その通りです。ですから、信楽とは、如来様の本願のみ言葉に嘘も詐りもないと疑いなく受け容れている状態をいうのです。それで信楽を釈して、
「信楽」といふは、如来の本願真実にましますを、ふたごころなくふかく信じて疑はざれば、信楽と申すなり。この「至心信楽」は、はなはち十方の衆生をして、わが真実なる誓願を信楽すべしとすすめたまへる御ちかひの至心信楽なり、凡夫自力のこころにはあらず。
『同上』
といわれたのです。すなわち十方世界の生きとし生けるすべてのものに向かって、私の誓願には、嘘も詐りもないから、この言葉の通り疑いなく受け容れなさいとお勧めになっているのが「至心信楽」という言葉であるというのです。

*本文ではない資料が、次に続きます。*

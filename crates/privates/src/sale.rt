//! The sale of a private, with what comes with it, and the sales of other privates that follow.
ghost use Rattle.std.specs.Prelude.{◌≡◌, ◌≤◌, ◌<◌, OnOk, Some, length, map, pos};
ghost use Rattle.std.specs.Int.RustNames.{unsigned_abs};
ghost use Rattle.events.specs.declared.event.Event.TheVariants as event;
ghost use Rattle.totals.specs.Bids.{bids_on};
ghost use Rattle.totals.specs.LookBack.{cheapest_of, with_event, with_events};
ghost use Rattle.privates.specs.Bank.{MayPay};
ghost use Rattle.privates.specs.Sale.{after_private_sale, bidder_of, settle_auctions, settled, settled_by};
ghost use Rattle.tables.specs.declared.roster.Private.TheVariants.{BaltimoreOhio, CamdenAmboy};
ghost use Rattle.privates.specs.Underway.{IsUnderway};

use crate::bidding::auction;
use crate::limit::auction_limit;
use crate::par_of_bo::par_set_by;
use arrayvec::ArrayVec;
use history::{Bid, Event, GameView, History};
use std::alloc::AllocError;
use tables::{Amount, Company, Money, PLAYERS_MOST, PRESIDENT_SHARES, Private, Seat};

/// Sells an unsold private, with what comes with it, to a seat that has the price.
pub(crate) fn sell(
    history: &mut History,
    private: Private,
    buyer: Seat,
    price: Amount,
) -> Result<(), AllocError>
    requires small { price ≤ 1000000 }
    requires at_table { buyer.0 < history.old.seats }
    requires may { MayPay history.old.seats history.old.events buyer private price }
    requires underway { IsUnderway history.old }
    ensures after { OnOk result (history.new
        ≡ with_events history.old (after_private_sale history.old.events private buyer price)) }
    ensures underway { OnOk result (IsUnderway history.new) }
{
    match private {
        Private::CamdenAmboy => sell_camden(history, buyer, price),
        Private::BaltimoreOhio => sell_baltimore(history, buyer, price),
        Private::SchuylkillValley
        | Private::ChamplainStLawrence
        | Private::DelawareHudson
        | Private::MohawkHudson => sell_alone(history, private, buyer, price),
    }
}

/// Sells a private that comes with nothing else.
fn sell_alone(
    history: &mut History,
    private: Private,
    buyer: Seat,
    price: Amount,
) -> Result<(), AllocError>
    requires small { price ≤ 1000000 }
    requires at_table { buyer.0 < history.old.seats }
    requires may { MayPay history.old.seats history.old.events buyer private price }
    requires underway { IsUnderway history.old }
    ensures event { OnOk result (history.new
        ≡ with_event history.old (event.Sold private buyer price)) }
    ensures underway { OnOk result (IsUnderway history.new) }
{
    history.append(Event::Sold {
        private,
        seat: buyer,
        price,
    })?;
    Ok(())
}

/// Sells CA, with a share of PRR.
fn sell_camden(history: &mut History, buyer: Seat, price: Amount) -> Result<(), AllocError>
    requires small { price ≤ 1000000 }
    requires at_table { buyer.0 < history.old.seats }
    requires may { MayPay history.old.seats history.old.events buyer CamdenAmboy price }
    requires underway { IsUnderway history.old }
    ensures after { OnOk result (history.new ≡ with_events history.old
        (after_private_sale history.old.events CamdenAmboy buyer price)) }
    ensures underway { OnOk result (IsUnderway history.new) }
{
    history.append(Event::Sold {
        private: Private::CamdenAmboy,
        seat: buyer,
        price,
    })?;
    history.append(Event::Given {
        company: Company::Pennsylvania,
        seat: buyer,
        shares: 1,
    })?;
    Ok(())
}

/// Sells BOP; its buyer sets the par value of BO, and becomes its president.
fn sell_baltimore(history: &mut History, buyer: Seat, price: Amount) -> Result<(), AllocError>
    requires small { price ≤ 1000000 }
    requires at_table { buyer.0 < history.old.seats }
    requires may { MayPay history.old.seats history.old.events buyer BaltimoreOhio price }
    requires underway { IsUnderway history.old }
    ensures after { OnOk result (history.new ≡ with_events history.old
        (after_private_sale history.old.events BaltimoreOhio buyer price)) }
    ensures underway { OnOk result (IsUnderway history.new) }
{
    let company = Company::BaltimoreOhio;
    let par = par_set_by(&history.now(), buyer);
    history.append(Event::Sold {
        private: Private::BaltimoreOhio,
        seat: buyer,
        price,
    })?;
    history.append(Event::Par {
        company,
        price: par,
    })?;
    history.append(Event::Given {
        company,
        seat: buyer,
        shares: PRESIDENT_SHARES,
    })?;
    history.append(Event::President {
        company,
        seat: buyer,
    })?;
    Ok(())
}

/// Makes the sales that follow from a sale: as long as there are bids on the cheapest private,
/// sells it.
pub(crate) fn settle_all(history: &mut History) -> Result<(), AllocError>
    requires underway { IsUnderway history.old }
    ensures after { OnOk result (history.new
        ≡ with_events history.old (settled history.old.seats history.old.events)) }
    ensures underway { OnOk result (IsUnderway history.new) }
{
    for _private in &Private::ALL {
        settle(history)?;
    }
    Ok(())
}

/// Sells the cheapest private, if there are bids on it.
fn settle(history: &mut History) -> Result<(), AllocError>
    requires underway { IsUnderway history.old }
    ensures after { OnOk result (history.new
        ≡ with_events history.old (settle_auctions history.old.seats history.old.events)) }
    ensures underway { OnOk result (IsUnderway history.new) }
{
    match history.now().cheapest_unsold() {
        Some(private) => settle_bids(history, private),
        None => Ok(()),
    }
}

/// Sells this private, the cheapest one, if there are bids on it.
fn settle_bids(history: &mut History, private: Private) -> Result<(), AllocError>
    requires cheapest { cheapest_of history.old.events ≡ Some private }
    requires underway { IsUnderway history.old }
    ensures after { OnOk result (history.new ≡ with_events history.old
        (settled_by history.old.seats history.old.events private
        (bids_on history.old.seats history.old.events private))) }
    ensures underway { OnOk result (IsUnderway history.new) }
{
    let bids = history.now().bids_on(private);
    match bids.as_slice() {
        [] => Ok(()),
        [bid] => sell(history, private, bid.seat, bid.amount),
        bids => sell_by_auction(history, private, bids),
    }
}

/// Sells the cheapest private to the winner of an auction among those who bid on it.
fn sell_by_auction(history: &mut History, private: Private, bids: &[Bid]) -> Result<(), AllocError>
    requires two { 2 ≤ length bids.now }
    requires cheapest { cheapest_of history.old.events ≡ Some private }
    requires bids { bids.now ≡ bids_on history.old.seats history.old.events private }
    requires underway { IsUnderway history.old }
    ensures after { OnOk result (history.new ≡ with_events history.old
        (settled_by history.old.seats history.old.events private bids.now)) }
    ensures underway { OnOk result (IsUnderway history.new) }
{
    let bidders = bidders_of(&history.now(), private, bids);
    let won = auction(bidders.as_slice());
    sell(history, private, won.0, price_paid(won))
}

/// Returns what the winner of an auction pays, in dollars, at most 99,999.
fn price_paid(won: (Seat, Money)) -> Amount
    requires sum { pos (unsigned_abs won.1) ≡ won.1 }
    requires small { unsigned_abs won.1 ≤ 99999 }
    ensures { result ≡ unsigned_abs won.1 }
{
    won.1 as Amount
}

/// Returns those who bid on a private, each with a bid and a limit.
fn bidders_of(
    view: &GameView,
    private: Private,
    bids: &[Bid],
) -> ArrayVec<(Seat, Money, Money), PLAYERS_MOST>
    requires { length bids.now ≤ 6 }
    ensures { result.items ≡ map (bidder_of view.now.seats view.now.events private)
        bids.now }
{
    let mut bidders = ArrayVec::new();
    for bid in bids {
        bidders.push(bidder_of(view, private, *bid));
    }
    bidders
}

/// Returns a bidder with a bid and a limit.
fn bidder_of(view: &GameView, private: Private, bid: Bid) -> (Seat, Money, Money)
    ensures { result ≡ bidder_of view.now.seats view.now.events private bid }
{
    let limit = auction_limit(view, private, bid);
    (bid.seat, Money::from(bid.amount), limit)
}
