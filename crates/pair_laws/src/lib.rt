//! Bounds by words that meet: a word that comes meets at most one word less than the fast memory holds, and an order of the words
//! lets each meeting count for one point.
#![tactic(auto)]

pub mod meetings;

ですから凡夫に自力で真実な信心を起こせと勧められた言葉ではないといわれるのです。
 このように味わえば「信楽」は凡夫が自力で起こす信心ではなくて、私を救おうと願っておられる如来の真実心(まことの親心)が私に届いて私の疑い心を除いてくださった心であるということがわかりましょう。



次に「欲生」とは、どういう心ですか。

「欲生」とは、「わが国に生まれんとおもへ(欲生我国)」を略した言葉です。それは阿弥陀仏の真実なる本願の仰せの内容です。すなわち自分の人生の行方を見定めることができないで迷っている私に向かって「安楽浄土へ生まれることができると思いなさい」と慈愛をこめて呼びかけてくださる言葉です。そのことを聖人は『教行信文類』「信文類」の欲生釈の初めに、
次に欲生といふは、すなはちこれ如来、諸有の群生を招喚したまふの勅命なり。
(『同上』241頁)
と仰せられたのでした。すなわち「必ず浄土へ生れさせる」と喚(よ)んでいてくださる真実なる本願(至心)のみ言葉を聞いて、その仰せを「まこと」と疑いなく受け容れた(信楽)とき、そこには「必ず、往生させていただける」(欲生)という思いが私に恵まれてきます。それを「欲生心」とも願生心ともいうのです。それを『尊号心像銘文』には、
浄土に生れんとおもへとなり。
(『同上』643頁)
といわれたのでした。
 このように見ていきますと、三心といっても、必ず浄土に往生させて涅槃のさとりを完成させると仰せられる「まごころ」のこもった本願招喚(招き喚び続ける)の勅命を、仰せの通りに疑いをまじえずに聞き受けている信楽のほかにはないことがわかります。
 すなわち本願の真実(至心)のみ言葉を、疑いなく聞き受けている(信楽)ところに、往生一定と浄土を期するこころ(欲生)が自然に具わっているわけです。これを親鸞聖人は、如来よりたまわった「三信即一の信楽(信心)」と言われたのでした。そしてそのような本体は仏心(仏智)である信心が恵まれたときに、往生し、成仏する因が完成しますから、「信心正因」と言われるのです。それを信心が決定したとき、現生(現在の生存中)において、すでに仏になることが決定した正定聚の位に入れしめられているとも言われたのでした。

(「【二】阿弥陀仏の本願」より)



(つづく)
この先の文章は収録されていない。